The end result is a very high quality and durable building envelope, with all the openings covered in louvre clad doors to produce a fine - grained monolithic, wedge of a singular material.
The building is constructed as a steel frame with an internal leaf of concrete blockwork, bracing the frame and providing the inner leaf of a cavity. The brickwork is therefore a ½ brick thick outer leaf of a cavity wall. The choice of glazed brickwork and the requirement for a high quality finish led the designers to decide that a standard 10mm brick joint would not be acceptable, and so a 4mm joint was adopted in order to produce the aesthetic quality the client was looking for. This raised a number of challenges:
» Putting wall ties into a 4 mm joint – The solution was to make every brick as a "pistol", so that the actual brick bed joint was in fact 12 mm, with only the visible face of the brickwork having a 4mm joint for pointing up. This thick bed joint also assisted with the control of thermal movement.
» Avoidance of movement joints in the brickwork – there are only two vertical movement joints in the building façade, and these are disguised by a full height louvred panel. The mortar and the pointing up mix were designed by a specialist engineer and are soft, flexible lime mortar mixes, allowing sufficient movement to avoid thermal expansion cracking.
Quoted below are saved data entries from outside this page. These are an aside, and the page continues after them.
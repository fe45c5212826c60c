//! A scenario's run on a machine, over files and the standard streams.
ghost use Rattle.std.specs.Prelude.{◌≡◌, is_some, position, None, Some, IfErr, IfOk, IfSome};
ghost use Rattle.std.specs.Str.{bytes_eq};
ghost use Rattle.cli_base.specs.Files.{IsTooLong, IsUnknown};
ghost use Rattle.cli_base.specs.Origins.{origin_bytes};
ghost use Rattle.cli_base.specs.Statuses.{EndsAs};
ghost use Rattle.cli_base.specs.Unfolding.{EndsUnfolded};
ghost use Rattle.cli_runs.specs.CommandStatus.{EndsByLine, EndsChosen, EndsLines, EndsNamed, EndsOn, IsRunOf, RunRefused, is_known, named_status};
ghost use Rattle.cli_runs.specs.RunStatus.{EndsFrom, HasStatus, IsUnbooted, start_by, start_of};

use crate::run_end::RunEnd;
use crate::view::{RunView, view};
use cli_base::{
    Host, Machine, MachineChoice, Origin, OutputStream, REFUSED, ReadFailure, STANDARD_INPUT,
    Settings, Spot, no_memory, read_whole, report_boot_fault, report_error, unfolded,
    watched_reader, writer,
};
use line_names::RoundMark;
use list_parser::StartList;
use run_scenario::{ScenarioInput, near_component};
use std::alloc::AllocError;
use std::io;
use std::io::Read;
use view_colors::Lines;
use view_diagnostics::{Counts, DiagnosticForm};

/// The exit status if no component has the name that is asked for.
const NOBODY: u8 = 3;

/// A scenario, and what is printed of its run.
#[derive(Clone, Copy)]
pub(crate) struct RunRequest<'a> {
    /// The path of the scenario.
    pub(crate) scenario: &'a str,
    /// The settings of the command line.
    pub(crate) settings: Settings<'a>,
    /// What is printed of the run.
    pub(crate) viewing: RunView<'a>,
    /// The component that the command line names, if it names one.
    pub(crate) name: Option<&'a str>,
    /// How many errors and warnings were printed before the run.
    pub(crate) earlier: Counts,
}

/// No errors and no warnings.
pub(crate) const NONE_EARLIER: Counts = Counts {
    errors: 0,
    warnings: 0,
};

impl<'a> RunRequest<'a> {
    /// Returns a run that isn't restricted to one component.
    pub(crate) fn whole(
        scenario: &'a str,
        settings: Settings<'a>,
        viewing: RunView<'a>,
    ) -> RunRequest<'a>
        ensures { IsRunOf scenario.now settings.entry (λ view. view ≡ viewing.entry) None result }
    {
        RunRequest {
            scenario,
            settings,
            viewing,
            name: None,
            earlier: NONE_EARLIER,
        }
    }
}

/// Runs a scenario on the machine of the start list that the command line names, of the list next to the scenario, or on the built-in
/// machine. Returns the exit status.
pub(crate) fn run_chosen<H: Host>(host: &H, named: Option<&str>, request: RunRequest<'_>) -> u8
    ensures { EndsAs (RunRefused (H.text_at host.now) named.entry request.entry)
        (EndsChosen (H.text_at host.now) named.entry request.entry) result }
{
    let form = request.settings.form;
    let list = match MachineChoice::of(host, form, named, request.scenario) {
        Ok(list) => list,
        Err(status) => return status,
    };
    match Machine::read(host, list.path(), request.settings) {
        Ok(machine) => run_named(host, &machine, request),
        Err(status) => status,
    }
}

// Runs a scenario on a machine. Before the run prints an error if no component has the name that is asked for.
fn run_named<H: Host>(host: &H, machine: &Machine<'_>, request: RunRequest<'_>) -> u8
    ensures { EndsAs (IsUnknown (H.text_at host.now) request.entry.scenario.now)
        (EndsNamed (H.text_at host.now) machine.now request.entry) result }
{
    let form = request.settings.form;
    let known = is_known(host.rt(), form, machine.list(), request.name);
    let earlier = Counts {
        errors: u64::from(!known),
        warnings: 0,
    };
    let status = run_on(host, machine, RunRequest { earlier, ..request });
    named_status(known, status)
}

// Returns the exit status of a run: 3 if no component has the name that is asked for, unless a fault comes first.
fn named_status(known: bool, status: u8) -> u8
    ensures { result ≡ named_status known status }
{
    if !known && status == 0 {
        NOBODY
    } else {
        status
    }
}

// Runs a scenario of a path on a machine.
fn run_on<H: Host>(host: &H, machine: &Machine<'_>, request: RunRequest<'_>) -> u8
    ensures { EndsAs (IsUnknown (H.text_at host.now) request.entry.scenario.now)
        (EndsOn (H.text_at host.now) machine.now request.entry) result }
{
    let rt = host.rt();
    if request.scenario == STANDARD_INPUT {
        let origin: Origin<'_, H::File> = Origin::Typed(rt.reader());
        return run_source(rt, machine, request, origin, &[]);
    }
    let found = match read_whole(host, request.scenario) {
        Ok(found) => found,
        Err(AllocError) => return no_memory(rt),
    };
    match found {
        Some(text) => run_text(host, machine, request, &text),
        None => run_long(host, machine, request),
    }
}

// Runs the lines of a file that isn't read whole. Refuses a file that can't be opened.
fn run_long<H: Host>(host: &H, machine: &Machine<'_>, request: RunRequest<'_>) -> u8
    requires { IsTooLong (H.text_at host.now) request.scenario.now }
    ensures { EndsAs (IsUnknown (H.text_at host.now) request.entry.scenario.now)
        (EndsByLine (H.text_at host.now) machine.now request.entry) result }
{
    let rt = host.rt();
    let file = match open_or_status(host, request) {
        Ok(file) => file,
        Err(status) => return status,
    };
    run_source(rt, machine, request, Origin::File(file), &[])
}

// Opens the file of a scenario. If that fails, prints why and returns the exit status 2.
fn open_or_status<H: Host>(host: &H, request: RunRequest<'_>) -> Result<H::File, u8>
    ensures bytes { IfOk result (λ file. IfSome (H.text_at host.now request.entry.scenario.now)
        (λ bytes. H.File.remaining file ≡ Some bytes)) }
    ensures failed { IfErr result (λ status. (status ≡ 2)
        × IsUnknown (H.text_at host.now) request.entry.scenario.now) }
{
    match host.open(request.scenario) {
        Ok(file) => Ok(file),
        Err(error) => {
            let unread = ReadFailure::Closed(error);
            report_error(
                host.rt(),
                request.settings.form,
                Spot::nowhere(),
                &unread.about(request.scenario),
            );
            Err(REFUSED)
        }
    }
}

// Runs a scenario of a text, with its rounds unfolded.
fn run_text<H: Host>(host: &H, machine: &Machine<'_>, request: RunRequest<'_>, text: &[u8]) -> u8
    ensures { EndsAs ⊥ (EndsUnfolded request.entry.settings text.now
        (EndsLines machine.now request.entry)) result }
{
    let rt = host.rt();
    let lines = match unfolded(rt, request.scenario, text, request.settings) {
        Ok(lines) => lines,
        Err(status) => return status,
    };
    let origin: Origin<'_, H::File> = Origin::Held(lines.bytes());
    run_source(rt, machine, request, origin, lines.marks())
}

// Runs the lines of a source with these round marks, and prints the fault that stops the run, if one does.
fn run_source<F: Read + Drop>(
    rt: &HostRuntime,
    machine: &Machine<'_>,
    request: RunRequest<'_>,
    origin: Origin<'_, F>,
    marks: &[RoundMark],
) -> u8
    ensures { EndsFrom machine.now request.entry.viewing
        (start_by request.entry.settings marks.now) (origin_bytes F.remaining origin.entry) result }
{
    let list = machine.list();
    let start = match request.settings.start_or_status(rt, marks) {
        Ok(start) => start,
        Err(status) => return status,
    };
    let input = ScenarioInput {
        list,
        scenario: request.settings.subject(request.scenario),
        start,
    };
    let end = run_over_streams(rt, input, request.viewing, origin);
    let form = request.settings.form;
    if let Err(fault) = &end.ended {
        report_boot_fault(rt, form, machine, fault);
    }
    if let RunView::Alone(_) = request.viewing {
        return end.report_fault(rt, form, request.scenario);
    }
    end.report(rt, form, request.scenario, request.earlier)
}

// Runs the lines of a source over the standard streams.
fn run_over_streams<F: Read + Drop>(
    rt: &HostRuntime,
    input: ScenarioInput<'_>,
    viewing: RunView<'_>,
    origin: Origin<'_, F>,
) -> RunEnd
    ensures status { IfOk result.ended (HasStatus viewing.entry
        (start_of viewing.entry input.entry) (origin_bytes F.remaining origin.entry)) }
    ensures unbooted { IfErr result.ended (IsUnbooted input.entry.list.now) }
{
    let coloring = viewing.coloring();
    let mut reader = watched_reader(rt, origin, viewing.printing());
    let stderr = OutputStream::Complained(rt.stderr());
    let mut complaints = writer(rt, stderr, Lines::Complaints, coloring.err);
    let stdout = OutputStream::Printed(io::writer(rt));
    let mut replies = writer(rt, stdout, Lines::Replies, coloring.out);
    let ended = view(
        rt.alloc(),
        input,
        viewing,
        &mut reader,
        &mut replies,
        &mut complaints,
    );
    RunEnd {
        ended,
        unread: replies.sink().is_unread(),
    }
}

// Returns whether a component of a list has the name that is asked for, if one is. Otherwise prints that none has it.
fn is_known(rt: &HostRuntime, form: DiagnosticForm, list: &StartList, name: Option<&str>) -> bool
    ensures { result ≡ is_known name.entry list.now }
{
    match name {
        Some(name) => is_listed(rt, form, list, name),
        None => true,
    }
}

// Returns whether a component of a list has a name. Otherwise prints that none has it, and the name that may be meant.
fn is_listed(rt: &HostRuntime, form: DiagnosticForm, list: &StartList, name: &str) -> bool
    ensures { result ≡ is_some (position (λ entry. bytes_eq entry.path name.now) list.now.entries) }
{
    if list.find(name.as_bytes()).is_some() {
        return true;
    }
    let near = match near_component(list, name.as_bytes()) {
        Some(near) => str::from_utf8(near).ok(),
        None => None,
    };
    match near {
        Some(near) => report_error(
            rt,
            form,
            Spot::nowhere(),
            &format_args!("unknown component `{name}`; did you mean `{near}`?"),
        ),
        None => report_error(
            rt,
            form,
            Spot::nowhere(),
            &format_args!("unknown component `{name}`"),
        ),
    }
    false
}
Coordinating brickwork with 4mm joints sizes around openings. As the perpendicular joints are changed from 10 mm to 4 mm it means that, with a whole number of bricks dictating an opening width, then the bricks at the opening jambs will no longer be exactly a ½ brick – one side of the opening will be 6mm more than a ½ brick, and the other will be 6mm less than a ½ brick.
The solutions to the issues outlined above involved the manufacture of a large number of brick specials. The specials used included the pointed end of the building, copings made into precast units, glazed headers for corners and jambs, (not exact ½ brick sizes) slips for cladding lintels, brick slips for cladding a door, and all the "standard" stretcher bricks were cut as pistols. The Design Team worked closely with Ibstock to develop the details and the range and quantity of brick specials.
The nature of this facework is very unforgiving and required unusually tight manufacturing tolerances (dimensions and colour) and meticulously accurate setting out and gauging, using 4mm tile spacers and specially design stainless steel gauging rods to maintain an accurate face dimension of the brickwork in order to achieve the end result.